AUTHOR=Zhang Liyuan , Deng Tingzhi , Pan Shuijing , Zhang Minghui , Zhang Yusen , Yang Chunhua , Yang Xiaoyong , Tian Geng , Mi Jia TITLE=DeepO-GlcNAc: a web server for prediction of protein O-GlcNAcylation sites using deep learning combined with attention mechanism JOURNAL=Frontiers in Cell and Developmental Biology VOLUME=12 YEAR=2024 URL=https://www.frontiersin.org/journals/cell-and-developmental-biology/articles/10.3389/fcell.2024.1456728 DOI=10.3389/fcell.2024.1456728 ISSN=2296-634X ABSTRACT=Introduction

Protein O-GlcNAcylation is a dynamic post-translational modification involved in major cellular processes and associated with many human diseases. Bioinformatic prediction of O-GlcNAc sites before experimental validation is a challenge task in O-GlcNAc research. Recent advancements in deep learning algorithms and the availability of O-GlcNAc proteomics data present an opportunity to improve O-GlcNAc site prediction.

Objectives

This study aims to develop a deep learning-based tool to improve O-GlcNAcylation site prediction.

Methods

We construct an annotated unbalanced O-GlcNAcylation data set and propose a new deep learning framework, DeepO-GlcNAc, using Long Short-Term Memory (LSTM), Convolutional Neural Networks (CNN) combined with attention mechanism.

Results

The ablation study confirms that the additional model components in DeepO-GlcNAc, such as attention mechanisms and LSTM, contribute positively to improving prediction performance.

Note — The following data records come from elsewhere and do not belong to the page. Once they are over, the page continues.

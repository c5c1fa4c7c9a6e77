//! Keys below which others are found.

ghost use Rattle.std.specs.Prelude.{◌≡◌, ◌-◌, [], IfOk, OnOk, length};
ghost use Rattle.salvage_bins.specs.Ground.{ground_of};
ghost use Rattle.salvage_walk.specs.Keys.{key_names};
ghost use Rattle.salvage_walk.specs.Remembered.{Remembers};
ghost use Rattle.salvage_walk.specs.Walked.{state_of};
ghost use Rattle.salvage_parents.specs.Change.{changed_among};
ghost use Rattle.salvage_parents.specs.Naming.{AreNaming};
ghost use Rattle.salvage_parents.specs.Open.{AreOpen};
ghost use Rattle.salvage_parents.specs.Search.{adopted, adopted_at, adopted_none, arranged_if};

use crate::arranging::arrange;
use crate::index::places_of;
use nt_bytes::{Bytes, Names, Row, Units};
use nt_names::name_places::NamePlaces;
use reg_tree::{Key, Keys, Values};
use salvage_bins::DamagedCells;
use salvage_walk::{Incomplete, Lists, Walk, add_found};
use std::alloc::{AllocError, Global};
use std::collections::BTreeMap;
use std::marker::Model;
use std::mem::replace;

/// A key with all below it, open as far as others were looked for below it.
#[cycle(draft)]
#[derive(Drop)]
pub(crate) struct Draft {
    pub(crate) name: Units,
    pub(crate) flags: u16,
    pub(crate) stamp: u64,
    pub(crate) class: Bytes,
    pub(crate) security: Bytes,
    pub(crate) values: Values,
    pub(crate) children: DraftKeys,
}

/// The children of a key: as they were until one is looked for below them, and then each open, with their names in order.
#[cycle(draft)]
#[derive(Drop)]
pub(crate) struct DraftKeys {
    pub(crate) kept: Keys,
    pub(crate) drafts: Vec<Draft>,
    pub(crate) names: NamePlaces,
}

impl Model for Draft {
    ghost use Rattle.hive_model.specs.Tree.{Tree, key, trees};
    ghost use Rattle.hive_model.specs.Codes.{coded_tree, weight, weights-trees};
    ghost use Rattle.std.proofs.Common.{arith};

    ghost Value = { Tree };

    ghost coded = { coded_tree };

    ghost view = { λ a. key (record {
      name = a.name;
      flags = a.flags;
      stamp = a.stamp;
      class = a.class;
      security = a.security;
      values = a.values;
    }) (trees a.children) };

    ghost size = { weight };

    ghost size_decreases = { λ a h. Prim.omega (arith, weights-trees a.children) };
}

impl Model for DraftKeys {
    ghost use Rattle.std.specs.Prelude.{◌++◌, List};
    ghost use Rattle.std.proofs.Common.{arith};
    ghost use Rattle.hive_model.specs.Tree.{Tree};
    ghost use Rattle.hive_model.specs.Codes.{coded_trees, weights};
    ghost use Rattle.salvage_parents.specs.Open.{AreKept, most_le-open};

    ghost Value = { List Tree };

    ghost coded = { coded_trees };

    ghost view = { λ a. a.kept ++ a.drafts.items };

    ghost invariant = { λ a. AreKept a.kept a.drafts.items a.names };

    ghost size = { weights };

    ghost size_decreases = { λ a h. Prim.omega (arith, most_le-open a.kept a.drafts.items) };
}

impl DraftKeys {
    // Children that nothing was looked for below.
    fn of(alloc: Global, kept: Keys) -> Result<DraftKeys, AllocError>
        ensures { IfOk result (λ d. d ≡ kept) }
    {
        let drafts = Vec::new(alloc);
        let names = NamePlaces::new(alloc, Names::new(alloc))?;
        Ok(DraftKeys {
            kept,
            drafts,
            names,
        })
    }

    // Children that are open, and their names.
    fn of_open(alloc: Global, drafts: Vec<Draft>, names: NamePlaces) -> DraftKeys
        requires { names ≡ key_names drafts.items }
        ensures { result ≡ drafts.items }
    {
        let kept = Keys::new(alloc);
        DraftKeys {
            kept,
            drafts,
            names,
        }
    }

    // The children as they are now.
    #[cycle(closed)]
    fn closed(self, alloc: Global) -> Result<Keys, AllocError>
        ensures { IfOk result (λ k. k ≡ self) }
    {
        let mut closed = self.kept;
        let mut rest = self.drafts.into_iter();
        'keys: while let Some(key) = rest.next() {
            closed.push(key.closed(alloc)?)?;
        }
        Ok(closed)
    }

    // The children open, and their names.
    fn opened(self, alloc: Global) -> Result<(Vec<Draft>, NamePlaces), AllocError>
        ensures { IfOk result (λ o. AreOpen self o.0.items o.1) }
    {
        if self.kept.len() == 0 {
            return Ok((self.drafts, self.names));
        }
        let names = NamePlaces::new(alloc, names_of(alloc, self.kept.as_slice())?)?;
        Ok((each_open(alloc, self.kept)?, names))
    }

    // Takes the children out, open.
    fn take_open(&mut self, alloc: Global) -> Result<(Vec<Draft>, NamePlaces), AllocError>
        ensures { IfOk result (λ o. AreOpen self.old o.0.items o.1) }
    {
        let none = DraftKeys::of(alloc, Keys::new(alloc))?;
        replace(self, none).opened(alloc)
    }

    // Takes the children out, closed.
    fn take_closed(&mut self, alloc: Global) -> Result<Keys, AllocError>
        ensures { IfOk result (λ k. k ≡ self.old) }
    {
        let none = DraftKeys::of(alloc, Keys::new(alloc))?;
        replace(self, none).closed(alloc)
    }
}

// The names of keys.
fn names_of(alloc: Global, keys: &[Key]) -> Result<Names, AllocError>
    ensures { IfOk result (λ n. n ≡ key_names keys.now) }
{
    let mut names = Names::new(alloc);
    for key in keys {
        let name = key.name.copy(alloc)?;
        names.push(name)?;
    }
    Ok(names)
}

// Keys, each of them open.
fn each_open(alloc: Global, keys: Keys) -> Result<Vec<Draft>, AllocError>
    ensures { IfOk result (λ v. v.items ≡ keys) }
{
    let mut drafts = Vec::new(alloc);
    let mut rest = keys.into_vec().into_iter();
    'keys: while let Some(key) = rest.next() {
        drafts.push(Draft::of(alloc, key)?)?;
    }
    Ok(drafts)
}

impl Draft {
    /// A key that nothing was looked for below.
    pub(crate) fn of(alloc: Global, key: Key) -> Result<Draft, AllocError>
        ensures { IfOk result (λ d. d ≡ key) }
    {
        let children = DraftKeys::of(alloc, key.children)?;
        Ok(Draft {
            name: key.name,
            flags: key.flags,
            stamp: key.stamp,
            class: key.class,
            security: key.security,
            values: key.values,
            children,
        })
    }

    /// The key as it is now.
    #[cycle(closed)]
    pub(crate) fn closed(self, alloc: Global) -> Result<Key, AllocError>
        ensures { IfOk result (λ k. k ≡ self) }
    {
        Ok(Key {
            name: self.name,
            flags: self.flags,
            stamp: self.stamp,
            class: self.class,
            security: self.security,
            values: self.values,
            children: self.children.closed(alloc)?,
        })
    }
}

// ---- children that are found

// How many levels are left below a key at a path.
fn levels_left(path: &[Units]) -> u32
    ensures { result ≡ 511 - length path.now }
{
    511usize.saturating_sub(path.len()) as u32
}

// Children in order, if some of them are new.
fn arrange_if(alloc: Global, count: usize, keys: Keys) -> Result<Keys, AllocError>
    ensures { IfOk result (λ ks. ks ≡ arranged_if count keys) }
{
    if count == 0 {
        return Ok(keys);
    }
    arrange(alloc, keys)
}

// The children of an incomplete key with those that are found, and how many these are.
#[tactic(auto, unfolding(crate::specs::Search::adopted))]
fn adopt_among(
    alloc: Global,
    cells: &DamagedCells<'_>,
    index: &BTreeMap<u32, Vec<u32>>,
    walk: &mut Walk,
    lists: &mut Lists,
    notes: &mut Row<Incomplete>,
    own: &Incomplete,
    security: &[u8],
    keys: Keys,
) -> Result<(Keys, usize), AllocError>
    requires naming { AreNaming (ground_of cells.now) index.now }
    requires remembered { Remembers (ground_of cells.now) (state_of walk.old).claims lists.old }
    ensures found { IfOk result (λ r. (r.0, record { walked = state_of walk.new; notes = notes.new; count = r.1 })
        ≡ adopted (ground_of cells.now) own.now (state_of walk.old) notes.old security.now keys) }
    ensures listed { OnOk result (Remembers (ground_of cells.now) (state_of walk.new).claims lists.new) }
{
    let before = keys.len();
    let path = own.path.as_slice();
    let places = places_of(index, own.at);
    let found = add_found(
        alloc,
        cells,
        walk,
        lists,
        notes,
        security,
        path,
        levels_left(path),
        places,
        keys,
    )?;
    let count = found.len().saturating_sub(before);
    let found = arrange_if(alloc, count, found)?;
    Ok((found, count))
}

impl Draft {
    // The key as an incomplete one, with the children that are found; and how many these are.
    fn adopt(
        &mut self,
        alloc: Global,
        cells: &DamagedCells<'_>,
        index: &BTreeMap<u32, Vec<u32>>,
        walk: &mut Walk,
        lists: &mut Lists,
        notes: &mut Row<Incomplete>,
        own: &Incomplete,
    ) -> Result<usize, AllocError>
        requires naming { AreNaming (ground_of cells.now) index.now }
        requires remembered { Remembers (ground_of cells.now) (state_of walk.old).claims lists.old }
        ensures found { IfOk result (λ n. (self.new, record { walked = state_of walk.new; notes = notes.new; count = n })
            ≡ adopted_at (ground_of cells.now) own.now (state_of walk.old) notes.old [] self.old) }
        ensures listed { OnOk result (Remembers (ground_of cells.now) (state_of walk.new).claims lists.new) }
    {
        let keys = self.children.take_closed(alloc)?;
        let (found, count) = adopt_among(
            alloc,
            cells,
            index,
            walk,
            lists,
            notes,
            own,
            self.security.as_slice(),
            keys,
        )?;
        self.children = DraftKeys::of(alloc, found)?;
        Ok(count)
    }

    /// The key that a path leads to from here as an incomplete one, with the children that are found; and how many these are.
    #[cycle(adopt_at)]
    pub(crate) fn adopt_at(
        &mut self,
        alloc: Global,
        cells: &DamagedCells<'_>,
        index: &BTreeMap<u32, Vec<u32>>,
        walk: &mut Walk,
        lists: &mut Lists,
        notes: &mut Row<Incomplete>,
        own: &Incomplete,
        path: &[Units],
    ) -> Result<usize, AllocError>
        requires naming { AreNaming (ground_of cells.now) index.now }
        requires remembered { Remembers (ground_of cells.now) (state_of walk.old).claims lists.old }
        ensures found { IfOk result (λ n. (self.new, record { walked = state_of walk.new; notes = notes.new; count = n })
            ≡ adopted_at (ground_of cells.now) own.now (state_of walk.old) notes.old path.now self.old) }
        ensures listed { OnOk result (Remembers (ground_of cells.now) (state_of walk.new).claims lists.new) }
    {
        match path {
            [] => self.adopt(alloc, cells, index, walk, lists, notes, own),
            [first, more @ ..] => self.children.adopt_at(
                alloc,
                cells,
                index,
                walk,
                lists,
                notes,
                own,
                first.as_slice(),
                more,
            ),
        }
    }
}

impl DraftKeys {
    /// The same from the child of this name.
    #[cycle(adopt_at)]
    fn adopt_at(
        &mut self,
        alloc: Global,
        cells: &DamagedCells<'_>,
        index: &BTreeMap<u32, Vec<u32>>,
        walk: &mut Walk,
        lists: &mut Lists,
        notes: &mut Row<Incomplete>,
        own: &Incomplete,
        name: &[u16],
        path: &[Units],
    ) -> Result<usize, AllocError>
        requires naming { AreNaming (ground_of cells.now) index.now }
        requires remembered { Remembers (ground_of cells.now) (state_of walk.old).claims lists.old }
        ensures found { IfOk result (λ n. (self.new, record { walked = state_of walk.new; notes = notes.new; count = n })
            ≡ changed_among name.now (adopted_at (ground_of cells.now) own.now (state_of walk.old) notes.old path.now)
            (adopted_none (state_of walk.old) notes.old) self.old) }
        ensures listed { OnOk result (Remembers (ground_of cells.now) (state_of walk.new).claims lists.new) }
    {
        let (mut drafts, names) = self.take_open(alloc)?;
        match names.place_of(name) {
            None => {
                *self = DraftKeys::of_open(alloc, drafts, names);
                Ok(0)
            }
            Some(place) => {
                let count = drafts[place].adopt_at(
                    alloc, cells, index, walk, lists, notes, own, path,
                )?;
                *self = DraftKeys::of_open(alloc, drafts, names);
                Ok(count)
            }
        }
    }
}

Our model demonstrates strong robustness across five cross-species datasets, excluding humans. We also compare our model with three external predictors using an independent dataset. Our results demonstrated that DeepO-GlcNAc outperforms the external predictors, achieving an accuracy of 92%, an average precision of 72%, a MCC of 0.60, and an AUC of 92% in ROC analysis. Moreover, we have implemented DeepO-GlcNAc as a web server to facilitate further investigation and usage by the scientific community.

Conclusion

Our work demonstrates the feasibility of utilizing deep learning for O-GlcNAc site prediction and provides a novel tool for O-GlcNAc investigation.